# Required action
If a line includes "Nowhere", copy it out of the entries.

=== Section Start ===

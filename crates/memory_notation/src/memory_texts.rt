// A memory in a text: entries as `a = 1` and `1 -> 2`, with an entry on a line or commas between.
ghost use Rattle.std.specs.Prelude.{◌≡◌, OnOk};
ghost use Rattle.notation.specs.Steps.{Goes, Passes};

use crate::claim_texts::{goes_on, nothing};
use crate::entries::{Cell, Entries, Entry};
use crate::items::{Sort, take};
use crate::problems::{Expected, Problem};
use crate::stops::Stop;
use notation::Asked;
use notation::quotes::Quote;
use notation::scans::Scan;
use notation::stops::Stop as SharedStop;
use notation::tokens::{Kind, Token};
use std::alloc::Global;
use std::str::from_utf8;

// The place that the word is.
fn place_of<'a>(text: &'a [u8], token: Token) -> Result<u32, Stop<'a>> {
    if token.kind == Kind::Nowhere {
        return Ok(0);
    }
    let word = token.span.of(text);
    let at = token.span.start;
    if !word.iter().all(|byte| byte.is_ascii_digit()) {
        return Err(Stop::at(at, Problem::NoNumber(Quote::new(word))));
    }
    from_utf8(word)
        .unwrap_or("")
        .parse::<u32>()
        .map_err(|_| Stop::at(at, Problem::LargeNumber(Quote::new(word))))
}

// The next place, which follows on what stands from `from` on.
fn place<'a>(scan: &mut Scan<'a>, from: usize) -> Result<u32, Stop<'a>>
    ensures { OnOk result (Goes scan.old scan.new) }
{
    let before = *scan;
    let item = take(scan);
    match item.sort {
        Sort::Shared(Kind::Name | Kind::Nowhere) => place_of(scan.text, item.token),
        _ => Err(before.missing(Expected::Place, from, item.token)),
    }
}

// The word that an entry begins with.
fn first_word<'a>(scan: &mut Scan<'a>, expected: Expected) -> Result<Token, Stop<'a>>
    ensures { OnOk result (Passes scan.old scan.new) }
{
    let before = *scan;
    let item = take(scan);
    match item.sort {
        Sort::Shared(Kind::Name | Kind::Nowhere) => Ok(item.token),
        Sort::Shared(Kind::Nothing) => Err(SharedStop::not_alone(item.token).told_as()),
        _ => Err(before.missing(expected, before.last, item.token)),
    }
}

// An entry, of which `expected` says what it may be.
fn entry<'a>(scan: &mut Scan<'a>, expected: Expected) -> Result<Entry, Stop<'a>>
    ensures { OnOk result (Passes scan.old scan.new) }
{
    let before = *scan;
    let word = first_word(scan, expected)?;
    let from = word.span.start;
    let middle = *scan;
    let sign = take(scan);
    match sign.sort {
        Sort::Arrow => {
            let at = place_of(before.text, word)?;
            let to = place(scan, from)?;
            Ok(Entry::Cell(Cell { at, to }))
        }
        Sort::Shared(Kind::Equals) => {
            if word.kind == Kind::Nowhere {
                return Err(before.missing(Expected::Name, before.last, word));
            }
            let place = place(scan, from)?;
            Ok(Entry::Name(word.span, place))
        }
        _ => Err(middle.missing(Expected::EqualsOrArrow, from, sign.token)),
    }
}

// The entries of a memory, up to what is no more of it.
pub fn read_entries<'a>(
    scan: &mut Scan<'a>,
    heap: Global,
    asked: &Asked<'a>,
) -> Result<Entries, Stop<'a>>
    ensures { OnOk result (Goes scan.old scan.new) }
{
    let mut entries = Entries::new(heap, asked.names.len())?;
    scan.skip_lines();
    if nothing(scan)? {
        return Ok(entries);
    }
    let mut expected = Expected::EntryOrNothing;
    loop {
        let from = scan.peek().span.start;
        let entry = entry(scan, expected)?;
        entries.put(asked, entry, from)?;
        if !goes_on(scan, from)? {
            return Ok(entries);
        }
        expected = Expected::Entry;
    }
}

=== Section End ===

# Expected answer
    if token.kind == Kind::Nowhere {
        Sort::Shared(Kind::Name | Kind::Nowhere) => place_of(scan.text, item.token),
        Sort::Shared(Kind::Name | Kind::Nowhere) => Ok(item.token),
            if word.kind == Kind::Nowhere {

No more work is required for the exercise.